Task brief:
Only the lines from the one with "result ≤ word_bits" to the end of the data below should be returned, each exactly as it stands.

Excerpted data:
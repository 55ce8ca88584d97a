//! Up to three ACEs, one after the other: what a list has in place of an ACE after a change of the mode.
ghost use Rattle.std.specs.Prelude.{◌≡◌, ◌*◌, ◌≤◌, ◌++◌, OnOk, length};
ghost use Rattle.acl_perm.specs.Profile.{full};
ghost use Rattle.acl_nfs4.specs.Spelling.{IsAccepted};
ghost use Rattle.acl_nfs4.specs.Spelling as spelled;
ghost use Rattle.acl_eval.specs.internal.BridgeBody.{word_bits};
ghost use Rattle.acl_change.specs.internal.UpToThree.{up_to_one, up_to_three};

use acl_nfs4::{AceRef, Acl};
use std::alloc::AllocError;

/// Up to three ACEs, one after the other.
#[derive(Clone, Copy)]
pub(crate) struct UpToThree<'a> {
    pub first: Option<AceRef<'a>>,
    pub second: Option<AceRef<'a>>,
    pub third: Option<AceRef<'a>>,
}

/// How many ACEs there are, and how many mask bits are set in all of them together.
#[derive(Clone, Copy)]
pub(crate) struct Size {
    pub count: u32,
    pub weight: u32,
}

impl<'a> UpToThree<'a> {
    /// Returns the size of the ACEs.
    pub(crate) fn size(self) -> Size
        ensures count { result.count ≡ length (up_to_three self.entry) }
        ensures weight { result.weight ≡ spelled.weight (up_to_three self.entry) }
        ensures few { result.count ≤ 3 }
        ensures light { result.weight ≤ 3 * word_bits }
    {
        Size {
            count: count_of(self.first) + count_of(self.second) + count_of(self.third),
            weight: weight_of(self.first) + weight_of(self.second) + weight_of(self.third),
        }
    }

    /// Adds the ACEs at the end of a list that stays accepted with them. Fails only if memory runs out.
    pub(crate) fn push_to(self, list: &mut Acl) -> Result<(), AllocError>
        requires { IsAccepted full (list.old ++ up_to_three self) }
        ensures { OnOk result (list.new ≡ list.old ++ up_to_three self.entry) }
    {
        push(list, self.first)?;
        push(list, self.second)?;
        push(list, self.third)
    }
}

fn count_of(item: Option<AceRef<'_>>) -> u32
    ensures count { result ≡ length (up_to_one item.entry) }
    ensures few { result ≤ 1 }
{
    match item {
        Some(_) => 1,
        None => 0,
    }
}

fn weight_of(item: Option<AceRef<'_>>) -> u32
    ensures weight { result ≡ spelled.weight (up_to_one item.entry) }
    ensures light { result ≤ word_bits }
{
    match item {
        Some(ace) => ace.mask.bits.count_ones(),
        None => 0,
    }
}

// Adds the ACE, if there is one, at the end of a list that stays accepted with it.
fn push(list: &mut Acl, item: Option<AceRef<'_>>) -> Result<(), AllocError>
    requires { IsAccepted full (list.old ++ up_to_one item) }
    ensures { OnOk result (list.new ≡ list.old ++ up_to_one item.entry) }
{
    match item {
        Some(ace) => list.push_accepted(ace),
        None => Ok(()),
    }
}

Solution to this problem:
    ensures light { result ≤ word_bits }
{
    match item {
        Some(ace) => ace.mask.bits.count_ones(),
        None => 0,
    }
}

// Adds the ACE, if there is one, at the end of a list that stays accepted with it.
fn push(list: &mut Acl, item: Option<AceRef<'_>>) -> Result<(), AllocError>
    requires { IsAccepted full (list.old ++ up_to_one item) }
    ensures { OnOk result (list.new ≡ list.old ++ up_to_one item.entry) }
{
    match item {
        Some(ace) => list.push_accepted(ace),
        None => Ok(()),
    }
}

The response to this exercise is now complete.